Create a directory (e.g. IXM) with subdirectories heatmap_cdt and heatmap_pdf. Create a symlink to /home/halo384/lokeycyto/jamespipe/scripts. Copy or symlink the raw run files zipped up (e.g. IXM405.zip) and the unzipped platemap file in CSV format (e.g. SP40013.csv) into this directory. Then run ./scripts/process.sh passing in the root name of the raw data file (e.g. IXM405), the name of the platemap file, the number of bins for the distribution histogram (e.g. 20), and the kind of measure to use (e.g. histdiff). For example, for IXM405 one could do the following:
{login as user halo384} mkdir IXMTEST ln -s ~/cyto/IXM405.zip . cp ~/cyto/CytoPlateMaps/SP40013.csv . {edit headers to standard names, see note below} ln -s ~/lokeycyto/jamespipe/scripts/ . ./scripts/process.sh IXM405 SP40013.csv 20 histdiff
After about 5 minutes, the pipeline should stop and you should find heatmaps in the heatmap_pdf and heatmap_cdt directory in pdf format and in TreeView format respectively. The processed data will be in a file IXM405.histdiff.csv.
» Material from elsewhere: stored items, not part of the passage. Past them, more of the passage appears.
//! Lines that send what nobody asked for, repeat what they answered, or take no bytes.
use crate::scenes::{Left, Look, assert_readings, assert_told, look_behind_new, world};
use crate::wire::{Spell, Trouble};
use crate::world::World;
use office_core::OfficeError;
use poll_book::MemKeeper;
use std::test::Fail;
use telling::{Trial, twice};

/// What is wrong with the cellar for a minute of slots, what is told, when its line is connected to, and how many
/// bytes are read of it.
struct Run {
    cellar: &'static [Spell],
    told: &'static str,
    begun: &'static [u64],
    read: usize,
}

/// Expects when the cellar is connected to, and how much is read of it.
fn assert_cellar(trial: &Trial<'_>, world: &World, run: &Run) {
    let begun = world.wires.get(1).map(|wire| wire.begun.as_slice());
    trial.told(&"begun", &begun, &Some(run.begun));
    let read = world.wires.get(1).map(|wire| wire.read);
    trial.told(&"read", &read, &Some(run.read));
}

impl Look<MemKeeper> for Run {
    fn look(&self, trial: &Trial<'_>, left: &mut Left<MemKeeper>) -> Result<(), OfficeError> {
        assert_told(trial, &left.world, self.told)?;
        assert_cellar(trial, &left.world, self);
        assert_readings(
            trial,
            &mut left.office,
            "e",
            &[(100, 0), (101, 3), (102, 8), (103, 13)],
        )
    }
}

fn assert_run(trial: &Trial<'_>, run: &Run) -> Result<(), OfficeError> {
    let world = world(trial.alloc(), 18_000, run.cellar, &[])?;
    look_behind_new(trial, &[], world, run)
}

/// It floods from a moment on at which it rests.
const FLOODING: Run = Run {
    cellar: &[Spell {
        trouble: Trouble::Flooding,
        unit: None,
        from: 4_000,
        to: u64::MAX,
    }],
    told: "1970-01-01T00:08:22Z office: line roof is up\n1970-01-01T00:08:22Z office: line cellar is up\n1970-01-01T00:08:26Z office: line cellar is down: it sends what nobody asked for\n1970-01-01T00:08:33Z office: line cellar is up\n1970-01-01T00:08:33Z office: line cellar is down: it sends what nobody asked for\n",
    begun: &[0, 5000, 7000, 11000],
    read: 262_273,
};

fn flooding(trial: &Trial<'_>) -> Result<(), OfficeError> {
    assert_run(trial, &FLOODING)
}

#[test]
fn a_line_that_floods_while_it_rests_is_cut(rt: HostRuntime) -> Result<(), Fail> {
    Ok(twice!(rt, flooding)?)
}

/// Each of its answers comes 8,000 times: these 88,000 bytes were asked for once, so it isn't cut.
const REPEATING: Run = Run {
    cellar: &[Spell {
        trouble: Trouble::Repeating(8_000),
        unit: None,
        from: 0,
        to: u64::MAX,
    }],
    told: "1970-01-01T00:08:22Z office: line roof is up\n1970-01-01T00:08:22Z office: line cellar is up\n",
    begun: &[0],
    read: 352_000,
};

fn repeating(trial: &Trial<'_>) -> Result<(), OfficeError> {
    assert_run(trial, &REPEATING)
}

#[test]
fn a_line_that_repeats_what_it_answered_is_not_cut(rt: HostRuntime) -> Result<(), Fail> {
    Ok(twice!(rt, repeating)?)
}

/// Behind each of its answers come 4,000 frames that nobody asked for: 44,000 bytes of them are borne in a slot.
const NOISY: Run = Run {
    cellar: &[Spell {
        trouble: Trouble::Noisy(4_000),
        unit: None,
        from: 0,
        to: u64::MAX,
    }],
    told: "1970-01-01T00:08:22Z office: line roof is up\n1970-01-01T00:08:22Z office: line cellar is up\n",
    begun: &[0],
    read: 176_044,
};

fn noisy(trial: &Trial<'_>) -> Result<(), OfficeError> {
    assert_run(trial, &NOISY)
}

#[test]
fn what_nobody_asked_for_is_counted_anew_in_each_slot(rt: HostRuntime) -> Result<(), Fail> {
    Ok(twice!(rt, noisy)?)
}

/// From slot 101 on it takes no bytes.
const STUCK: Run = Run {
    cellar: &[Spell {
        trouble: Trouble::Stuck,
        unit: None,
        from: 2_000,
        to: 10_000,
    }],
    told: "1970-01-01T00:08:22Z office: line roof is up\n1970-01-01T00:08:22Z office: line cellar is up\n1970-01-01T00:08:27Z office: line cellar is down: it takes no bytes\n1970-01-01T00:08:32Z office: line cellar is up\n",
    begun: &[0, 6000, 10000],
    read: 33,
};

fn stuck(trial: &Trial<'_>) -> Result<(), OfficeError> {
    assert_run(trial, &STUCK)
}

#[test]
fn a_line_that_takes_no_bytes_is_cut(rt: HostRuntime) -> Result<(), Fail> {
    Ok(twice!(rt, stuck)?)
}

/// Twice it takes no bytes until a second and a half of a slot are over.
const BRIEFLY_STUCK: Run = Run {
    cellar: &[
        Spell {
            trouble: Trouble::Stuck,
            unit: None,
            from: 2_000,
            to: 4_500,
        },
        Spell {
            trouble: Trouble::Stuck,
            unit: None,
            from: 7_000,
            to: 9_500,
        },
    ],
    told: "1970-01-01T00:08:22Z office: line roof is up\n1970-01-01T00:08:22Z office: line cellar is up\n",
    begun: &[0],
    read: 44,
};

fn briefly_stuck(trial: &Trial<'_>) -> Result<(), OfficeError> {
    assert_run(trial, &BRIEFLY_STUCK)
}

#[test]
fn a_line_that_takes_no_bytes_for_a_while_is_not_cut(rt: HostRuntime) -> Result<(), Fail> {
    Ok(twice!(rt, briefly_stuck)?)
}
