//! A store in which a counter is counted in a slot to come.
use crate::guest::Speech;
use crate::orders::{ASKED, ORDER, OrderDone, ROOF_LATE};
use crate::scenes::{
    Left, Look, assert_readings, assert_told, assert_total, look_behind_new, world, world_of,
};
use office_core::OfficeError;
use office_plays::steps::Happens::{self, Arrive, Ask, Open};
use office_run::RunFault;
use poll_book::MemKeeper;
use std::test::Fail;
use telling::{Trial, twice};

/// The counter had 2 in slot 103, in which the clock was five seconds ahead.
pub(crate) const SOON: &[Happens] = &[
    Open("roof"),
    Ask(1, "m1", 103, (3, 41, 1)),
    Arrive(1, 0, 17, &[3, 2, 0, 2]),
];

/// The same in a slot that begins a day from now: 86,400 seconds behind slot 100.
const FAR: &[Happens] = &[
    Open("roof"),
    Ask(1, "m1", 17_381, (3, 41, 1)),
    Arrive(1, 0, 17, &[3, 2, 0, 2]),
];

const VOID: &str =
    "PUT /callers/ann/voids/v1 HTTP/1.1\r\nContent-Length: 24\r\n\r\n{\"point\":\"e\",\"slot\":103}";

/// A run over a store to which something had happened, while callers come, and what is told and counted.
struct Run {
    happened: &'static [Happens],
    ends: u64,
    told: &'static str,
    readings: &'static [(u32, u16)],
    total: u128,
}

impl Look<MemKeeper> for Run {
    fn look(&self, trial: &Trial<'_>, left: &mut Left<MemKeeper>) -> Result<(), OfficeError> {
        trial.told(&"ended", &left.ended, &Ok(()));
        assert_told(trial, &left.world, self.told)?;
        assert_readings(trial, &mut left.office, "e", self.readings)?;
        assert_total(trial, &mut left.office, self.total)
    }
}

fn assert_run(trial: &Trial<'_>, run: &Run, speeches: &[Speech]) -> Result<(), OfficeError> {
    let world = world(trial.alloc(), run.ends, &[], speeches)?;
    look_behind_new(trial, run.happened, world, run)
}

/// No slot before 103 is begun, and that isn't asked for what it has.
const WAITS: Run = Run {
    happened: SOON,
    ends: 24_000,
    told: "1970-01-01T00:08:22Z office: line roof is up\n1970-01-01T00:08:22Z office: line cellar is up\n1970-01-01T00:08:22Z office: line roof waits for slot 103, in which e is counted already\n1970-01-01T00:08:35Z office: line roof waits no more\n",
    readings: &[(103, 2), (104, 18), (105, 23)],
    total: 21,
};

fn waits(trial: &Trial<'_>) -> Result<(), OfficeError> {
    assert_run(trial, &WAITS, &[])
}

#[test]
fn no_slot_is_begun_before_one_in_which_a_counter_is_counted(rt: HostRuntime) -> Result<(), Fail> {
    Ok(twice!(rt, waits)?)
}

/// The slot is voided in slot 101.
const VOIDED: Run = Run {
    happened: SOON,
    ends: 12_000,
    told: "1970-01-01T00:08:22Z office: line roof is up\n1970-01-01T00:08:22Z office: line cellar is up\n1970-01-01T00:08:22Z office: line roof waits for slot 103, in which e is counted already\n1970-01-01T00:08:26Z office: line roof waits no more\n",
    readings: &[(101, 4), (102, 8), (103, 2)],
    total: 4,
};

fn voided(trial: &Trial<'_>) -> Result<(), OfficeError> {
    assert_run(trial, &VOIDED, &[Speech::at_once(4_000, VOID)])
}

#[test]
fn a_line_goes_on_once_the_slot_is_voided(rt: HostRuntime) -> Result<(), Fail> {
    Ok(twice!(rt, voided)?)
}

/// Orders are sent while a line waits.
fn ordered(trial: &Trial<'_>) -> Result<(), OfficeError> {
    let speeches = [Speech::at_once(5_000, ORDER), Speech::at_once(5_001, ASKED)];
    let world = world(trial.alloc(), 7_000, &[], &speeches)?;
    look_behind_new(trial, SOON, world, &OrderDone)
}

#[test]
fn an_order_is_sent_while_a_line_waits(rt: HostRuntime) -> Result<(), Fail> {
    Ok(twice!(rt, ordered)?)
}

/// The same where the device takes a second for its answer.
fn ordered_late(trial: &Trial<'_>) -> Result<(), OfficeError> {
    let speeches = [Speech::at_once(5_000, ORDER), Speech::at_once(6_001, ASKED)];
    let world = world_of(trial.alloc(), 7_000, &ROOF_LATE, &speeches)?;
    look_behind_new(trial, SOON, world, &OrderDone)
}

#[test]
fn an_order_is_waited_for_while_a_line_waits(rt: HostRuntime) -> Result<(), Fail> {
    Ok(twice!(rt, ordered_late)?)
}

/// The run has ended for it.
struct Ended;

impl Look<MemKeeper> for Ended {
    fn look(&self, trial: &Trial<'_>, left: &mut Left<MemKeeper>) -> Result<(), OfficeError> {
        let fault = RunFault::Ahead {
            point: 1,
            slot: 17_381,
        };
        trial.told(&"ended", &left.ended, &Err(fault));
        assert_readings(trial, &mut left.office, "e", &[(17_381, 2)])
    }
}

fn far(trial: &Trial<'_>) -> Result<(), OfficeError> {
    let world = world(trial.alloc(), 7_000, &[], &[])?;
    look_behind_new(trial, FAR, world, &Ended)
}

#[test]
fn a_run_ends_where_that_slot_is_a_day_ahead(rt: HostRuntime) -> Result<(), Fail> {
    Ok(twice!(rt, far)?)
}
This file is a matrix of Compound_Concentration values by Feature. Each entry in this table is the measure (e.g. histdiff) between the control and experimental distributions for that feature. The file IXM405.merged.csv is also saved. From this file you can generate different Compound_Concentration x Feature tables with different measures (e.g. histidff, ksprob, logdiff). This is saved only as a convenience, since for large files it can take up to 30 minutes to regenerate this file.
IMPORTANT NOTES:
The platemap files have so far come in inconsistent configurations. Some are in Excel spreadsheets, some in csv files, and the header names are not always the same. None of these scripts rely on special column locations, but they do rely on special column NAMES. For platemap files, the relevant column names are: Well, MoleculeID, and Concentration. All other columns are ignored. These three column names must match exactly, so until this becomes standardized you will have to export a csv file from Excel and/or edit these three column headings to match these names (e.g. 'Well Name' ==> 'Well')
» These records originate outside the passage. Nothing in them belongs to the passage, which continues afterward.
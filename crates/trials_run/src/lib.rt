//! Tests of an office that stays up, in a small world with a clock of its own, and of what it shows (`shown_`). Nothing
//! stands on this crate.
#![tactic(auto)]

#[cfg(test)]
mod ahead;
#[cfg(test)]
mod arrivals;
#[cfg(test)]
mod busy;
#[cfg(test)]
mod callers;
#[cfg(test)]
mod clocks;
#[cfg(test)]
mod floods;
#[cfg(test)]
mod gateways;
#[cfg(test)]
mod guest;
#[cfg(test)]
mod lines;
#[cfg(test)]
mod orders;
#[cfg(test)]
mod pages;
#[cfg(test)]
mod reports;
#[cfg(test)]
mod scenes;
#[cfg(test)]
mod shown_names;
#[cfg(test)]
mod shown_points;
#[cfg(test)]
mod shown_texts;
#[cfg(test)]
mod stores;
#[cfg(test)]
mod wire;
#[cfg(test)]
mod world;
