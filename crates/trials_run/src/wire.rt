//! A line's devices, as the office reaches them: one alone, or several behind a gateway.
ghost use Rattle.std.specs.Prelude.{◌<◌, ◌≤◌, ℕ, length};
ghost use Rattle.run_beat.specs.Counts.{CameWithin, SentWithin};

use crate::arrivals::give;
use mb_map::{MapError, Sim, Table};
use mb_mbap::{Frame, FrameReader};
use mb_pdu::Unit;
use run_beat::{Came, Connected, Sent};
use std::alloc::{AllocError, Global};

/// In this register each device counts the seconds of the run.
pub(crate) const SECONDS: u16 = 41;

/// A reply to a query that nobody made: of transaction 65,000, unit 17, a register.
const NOISE: [u8; 11] = [0xfd, 0xe8, 0, 0, 0, 5, 17, 3, 2, 0, 0];

/// What is wrong with a device, or with the line.
#[derive(Clone, Copy, Debug, PartialEq, Eq)]
pub(crate) enum Trouble {
    /// It answers nothing.
    Silent,
    /// It answers so many milliseconds later.
    Late(u64),
    /// Each device of the line refuses what is to be set, by exception 6 (server device busy).
    Busy,
    /// The line has no connection, and refuses each.
    Away,
    /// The same, until it is looked up where it is.
    Moved,
    /// None can be begun.
    Nowhere,
    /// One that is begun comes neither to stand nor to an end.
    Unready,
    /// The line sends what nobody asked for, as fast as it is read.
    Flooding,
    /// The line sends each reply so many times.
    Repeating(usize),
    /// The line sends so many frames that nobody asked for behind its replies.
    Noisy(usize),
    /// The line takes no bytes.
    Stuck,
}

/// Something is wrong from a moment on, until another: with the device of a unit identifier, or with all of the line.
#[derive(Clone, Copy, Debug)]
pub(crate) struct Spell {
    pub trouble: Trouble,
    pub unit: Option<u8>,
    pub from: u64,
    pub to: u64,
}

impl Spell {
    fn is_at(&self, now: u64) -> bool {
        self.from <= now && now < self.to
    }

    fn is_of(&self, unit: u8) -> bool {
        self.unit.is_none_or(|of| of == unit)
    }
}

/// A reply on its way.
#[derive(Drop)]
struct Reply {
    due: u64,
    frame: Frame,
}

/// A line's devices, and the bytes on their way from them.
#[derive(Drop)]
pub(crate) struct Wire {
    alloc: Global,
    sim: Sim,
    spells: &'static [Spell],
    queries: FrameReader,
    later: Vec<Reply>,
    replies: Vec<u8>,
    /// The moments at which a connection was begun, and at which it was looked up where it is.
    pub begun: Vec<u64>,
    pub looked_up: Vec<u64>,
    /// Each query: when it came, and to which unit identifier.
    pub asked: Vec<(u64, u8)>,
    /// So many bytes were read of it.
    pub read: usize,
}

/// The device counts so many seconds.
fn count_seconds(sim: &mut Sim, unit: u8, seconds: u64) {
    let seconds = u16::try_from(seconds).unwrap_or(u16::MAX);
    sim.set(unit, Table::Holding, SECONDS, seconds);
}

/// What a device replies to a query.
fn replies(sim: &mut Sim, query: &Frame) -> Result<Vec<Frame>, AllocError> {
    match sim.take(query) {
        Ok(frames) => Ok(frames),
        Err(MapError::Memory | MapError::TooLarge | MapError::BadImage) => Err(AllocError),
    }
}

/// Whether a query is to set something.
fn is_write(query: &Frame) -> bool {
    matches!(query.unit.as_bytes().first(), Some(5 | 6 | 15 | 16))
}

/// What a busy device replies to a query.
fn busy(query: &Frame) -> Option<Frame> {
    let function = query.unit.as_bytes().first()?;
    Some(Frame {
        transaction: query.transaction,
        unit_id: query.unit_id,
        unit: Unit::from_bytes(&[function | 0x80, 6])?,
    })
}

/// Adds bytes so many times.
fn add(all: &mut Vec<u8>, bytes: &[u8], times: usize) -> Result<(), AllocError> {
    for _ in 0..times {
        all.extend_from_slice(bytes)?;
    }
    Ok(())
}

/// The queries that bytes complete.
fn queries(reader: &mut FrameReader, bytes: &[u8]) -> Result<Vec<Frame>, AllocError> {
    Ok(reader.feed(bytes)?.frames)
}

/// What a write took, where memory was refused or not.
pub(crate) fn sent(taken: Result<(), AllocError>, count: usize) -> Sent
    ensures { (there : ℕ) → 0 < count → count ≤ there → SentWithin there result }
{
    match taken {
        Ok(()) => Sent::Bytes(count),
        Err(_) => Sent::Failed,
    }
}

impl Wire {
    pub fn new(alloc: Global, sim: Sim, spells: &'static [Spell]) -> Wire {
        Wire {
            alloc,
            sim,
            spells,
            queries: FrameReader::new(alloc),
            later: Vec::new(alloc),
            replies: Vec::new(alloc),
            begun: Vec::new(alloc),
            looked_up: Vec::new(alloc),
            asked: Vec::new(alloc),
            read: 0,
        }
    }

    /// Whether something is wrong with all of the line.
    fn has(&self, trouble: Trouble, now: u64) -> bool {
        self.spells
            .iter()
            .any(|spell| spell.trouble == trouble && spell.is_at(now))
    }

    /// How many milliseconds the device of a unit identifier takes to answer; none where it answers nothing.
    fn delay(&self, unit: u8, now: u64) -> Option<u64> {
        let mut delay = 0;
        for spell in self.spells {
            match spell.trouble {
                Trouble::Silent if spell.is_at(now) && spell.is_of(unit) => return None,
                Trouble::Late(millis) if spell.is_at(now) && spell.is_of(unit) => delay = millis,
                _ => {}
            }
        }
        Some(delay)
    }

    /// How many times a reply comes, and how many frames behind it that nobody asked for.
    fn times(&self, now: u64) -> (usize, usize) {
        let mut times = (1, 0);
        for spell in self.spells {
            match spell.trouble {
                Trouble::Repeating(count) if spell.is_at(now) => times.0 = count,
                Trouble::Noisy(count) if spell.is_at(now) => times.1 = count,
                _ => {}
            }
        }
        times
    }

    /// The first moment after this one at which it is to be looked at.
    pub fn next(&self, now: u64) -> u64 {
        let mut first = u64::MAX;
        for spell in self.spells {
            for moment in [spell.from, spell.to] {
                if now < moment {
                    first = first.min(moment);
                }
            }
        }
        for reply in &self.later {
            if now < reply.due {
                first = first.min(reply.due);
            }
        }
        first
    }

    /// Whether no connection can be begun.
    pub fn is_nowhere(&self, now: u64) -> bool {
        self.has(Trouble::Nowhere, now)
    }

    /// A connection is begun.
    pub fn begin(&mut self, now: u64) -> Result<(), AllocError> {
        self.begun.push(now)?;
        self.queries = FrameReader::new(self.alloc);
        self.later.clear();
        self.replies.clear();
        Ok(())
    }

    /// It is looked up where it is.
    pub fn look_up(&mut self, now: u64) -> Result<(), AllocError> {
        self.looked_up.push(now)?;
        Ok(())
    }

    pub fn connected(&self, now: u64) -> Connected {
        if self.has(Trouble::Unready, now) {
            return Connected::NotYet;
        }
        let is_lost = self.looked_up.is_empty() && self.has(Trouble::Moved, now);
        if is_lost || self.has(Trouble::Away, now) {
            Connected::Failed
        } else {
            Connected::Yes
        }
    }

    /// The replies that are due come.
    fn come_due(&mut self, now: u64) -> Result<(), AllocError> {
        let (times, noises) = self.times(now);
        for reply in &self.later {
            if reply.due <= now {
                add(&mut self.replies, reply.frame.encode().as_bytes(), times)?;
                add(&mut self.replies, &NOISE, noises)?;
            }
        }
        self.later.retain(|reply| now < reply.due);
        if self.replies.is_empty() && self.has(Trouble::Flooding, now) {
            add(&mut self.replies, &NOISE, 20)?;
        }
        Ok(())
    }

    pub fn read(&mut self, piece: &mut [u8], now: u64) -> Came
        requires { 0 < length piece.old }
        ensures { CameWithin (length piece.new) result }
    {
        if self.has(Trouble::Away, now) || self.come_due(now).is_err() {
            return Came::Ended;
        }
        let count = give(&self.replies, piece);
        if count == 0 {
            return Came::Nothing;
        }
        self.replies.drain(..count);
        self.read = self.read.saturating_add(count);
        Came::Bytes(count)
    }

    /// What is replied to a query.
    fn answers(&mut self, query: &Frame, now: u64) -> Result<Vec<Frame>, AllocError> {
        if !self.has(Trouble::Busy, now) || !is_write(query) {
            return replies(&mut self.sim, query);
        }
        let mut answers = Vec::new(self.alloc);
        if let Some(answer) = busy(query) {
            answers.push(answer)?;
        }
        Ok(answers)
    }

    /// A query comes.
    fn hear(&mut self, query: &Frame, now: u64) -> Result<(), AllocError> {
        self.asked.push((now, query.unit_id))?;
        let Some(delay) = self.delay(query.unit_id, now) else {
            return Ok(());
        };
        count_seconds(&mut self.sim, query.unit_id, now / 1000);
        for frame in self.answers(query, now)? {
            self.later.push(Reply {
                due: now.saturating_add(delay),
                frame,
            })?;
        }
        Ok(())
    }

    /// Takes bytes of queries, and replies to each that is whole.
    pub fn take(&mut self, bytes: &[u8], now: u64) -> Result<(), AllocError> {
        for query in &queries(&mut self.queries, bytes)? {
            self.hear(query, now)?;
        }
        Ok(())
    }

    pub fn write(&mut self, bytes: &[u8], now: u64) -> Sent
        requires { 0 < length bytes.now }
        ensures { SentWithin (length bytes.now) result }
    {
        if self.has(Trouble::Stuck, now) {
            return Sent::Nothing;
        }
        sent(self.take(bytes, now), bytes.len())
    }
}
The software is currently installed on on halo384@cscenter. There are two components to the software, a set of scripts and a compiled library. The scripts consist of one shell script, one R script, and several other scripts written in Groovy. The second component is a compiled set of Java libraries called durbinlib.jar, which itself has several .jar dependencies. (durbinlib.jar, by the way, contains MANY other things besides just the cyto pipeline). The scripts can be found already installed in:
/home/halo384/lokeycyto/jamespipe/scripts
durbinlib.jar and the other .jar dependencies can be found in:
/home/halo384/.groovy/lib/
By default, groovy will include all .jar files found in ~/.groovy/lib/ in it's classpath, so you do not need to edit a classpath to include additional dependencies for groovy scripts.
The scripts are under version control on GitHub at:
git://github.com/jdurbin/lokeycyto.git
You can obtain a copy of these scripts with:
git clone git://github.com/jdurbin/lokeycyto.git
A public key for halo384 has been entered into the github, so someone logged in as halo384 can also submit code back to github. See github help for instructions for doing that.
The library, durbinlib.jar, is also under version control on GitHub at:
git://github.com/jdurbin/durbinlib.git
You can obtain a copy of this source from github, along with all of it's library dependencies, and compile like:
mkdir ~/.groovy/lib
git clone git://github.com/jdurbin/durbinlib.git
cd durbinlib
ant install
This will compile durbinlib and copy durbinlib.jar and required dependencies to ~/.groovy/lib/.